INSTRUCTIONS TO FOLLOW
Go through the entries below and collect each line with the string "GivesAt" in it.

THE RECORDS

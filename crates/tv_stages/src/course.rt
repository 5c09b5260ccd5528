//! The action of an edge, made ready for updates.

ghost use Rattle.std.specs.Prelude.{ℕ, ◌≡◌, ◌<◌, List, length, slice_get, All, Contains, IfOk, IfErr, Some};
ghost use Rattle.tv_eval.specs.AssignmentForm.{IsAssigned, assignment_of};
ghost use Rattle.tv_model.specs.Program.{action_of, program_of};
ghost use Rattle.tv_model.specs.Valid.{IsValid};
ghost use Rattle.tv_step_laws.specs.Shaped.{IsShaped};
ghost use Rattle.tv_step_laws.specs.Transfer.{IsActionOf};
ghost use Rattle.tv_structure_form.specs.StructureForm.{structure_of};
ghost use Rattle.tv_step.specs.Steps.{IsCauseOfPick};
ghost use Rattle.tv_update_laws.specs.Picks.{picks_of, precondition_value};
ghost use Rattle.tv_stages_laws.specs.Stages.{GivesAt};
ghost use Rattle.tv_stages.specs.Tasks.{CanUpdate, IsCourse, course_action, task_program};

use crate::task::{Task, Tools};
use std::alloc::AllocError;
use tv_eval::Assignment;
use tv_kleene::K3;
use tv_model::{Action, Edge, Program};
use tv_step::Stepper;
use tv_struct::{StageError, Structure, Structures};
use tv_update::{Plan, order_of, plan_for, update_by_plan};

/// An action, its number, and by what plan its updates are made.
#[derive(Drop)]
pub(crate) struct Course<'a> {
    pub action: &'a Action,
    pub number: u32,
    pub plan: Plan,
}

/// The edge of this number.
fn edge_at(program: &Program, number: u32) -> Edge
    requires { number < length program.now.edges }
    ensures { slice_get program.now.edges number ≡ Some result }
{
    program.edges.as_slice()[number as usize]
}

/// The action of this number.
fn action_at(program: &Program, number: u32) -> &Action
    requires { number < length program.now.actions }
    ensures { slice_get (program_of program.now).actions number ≡ Some (action_of result.now) }
{
    &program.actions.as_slice()[number as usize]
}

/// The action of the edge of this number.
pub(crate) fn course_of<'a>(x: &Task<'a, '_>, edge: u32) -> Result<Course<'a>, AllocError>
    requires valid { IsValid (task_program x.now) }
    requires edge { edge < length x.now.program.now.edges }
    ensures course { IfOk result (IsCourse x.now) }
    ensures action { IfOk result (λ course. IsActionOf (task_program x.now) edge (course_action course)) }
{
    let number = edge_at(x.program, edge).action;
    let order = order_of(x.alloc, x.program)?;
    let plan = plan_for(x.alloc, x.program, &order, number, x.mode)?;
    let action = action_at(x.program, number);
    Ok(Course {
        action,
        number,
        plan,
    })
}

/// An action, and a structure at hand from which it gives something.
#[derive(Clone, Copy)]
pub(crate) struct Case<'a, 'b> {
    pub course: &'a Course<'b>,
    pub from: &'a Structure,
}

/// The value of the precondition under the picked individuals, `Yes` where there is none.
pub(crate) fn precondition(stepper: &mut Stepper, case: &Case, picks: &Assignment) -> K3
    requires valid { IsValid (program_of stepper.old.program) }
    requires action { Contains (program_of stepper.old.program).actions (course_action case.now.course.now) }
    requires shaped { IsShaped (program_of stepper.old.program) case.now.from.now }
    requires picks { All (IsAssigned case.now.from.now.size picks.now)
        (course_action case.now.course.now).picks }
    ensures value { result ≡ precondition_value (structure_of case.now.from.now) (assignment_of picks.now)
        (course_action case.now.course.now).pre }
    ensures same { stepper.new ≡ stepper.old }
{
    let _ = case.from.size();
    match &case.course.action.pre {
        None => K3::Yes,
        Some(pre) => stepper.value(pre, case.from, picks),
    }
}

/// The structures that the action gives under the picked individuals, where the precondition has this value:
/// none where it is `No`.
pub(crate) fn update(
    x: &Task,
    tools: &mut Tools,
    case: &Case,
    picks: &Assignment,
    value: K3,
) -> Result<Structures, StageError>
    requires case { CanUpdate x.now tools.old case.now }
    requires picks { All (IsAssigned case.now.from.now.size picks.now)
        (course_action case.now.course.now).picks }
    requires value { value ≡ precondition_value (structure_of case.now.from.now) (assignment_of picks.now)
        (course_action case.now.course.now).pre }
    ensures gives { IfOk result (λ ts. (picked : List ℕ)
        → assignment_of picks.now ≡ picks_of (course_action case.now.course.now) picked
        → GivesAt value (task_program x.now) x.now.mode
        (course_action case.now.course.now) case.now.from.now picked ts) }
    ensures shaped { IfOk result (All (IsShaped (task_program x.now))) }
    ensures cause { IfErr result (IsCauseOfPick (course_action case.now.course.now) case.now.from.now
        (assignment_of picks.now)) }
    ensures same { tools.new ≡ tools.old }
{
    match value {
        K3::No => Ok(Structures::new(x.alloc)),
        K3::Half | K3::Yes => update_by_plan(
            x.alloc,
            x.program,
            case.course.number,
            x.mode,
            &case.course.plan,
            case.from,
            picks,
            &mut tools.scratch,
        ),
    }
}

WRITTEN RESPONSE
ghost use Rattle.tv_stages_laws.specs.Stages.{GivesAt};
        → GivesAt value (task_program x.now) x.now.mode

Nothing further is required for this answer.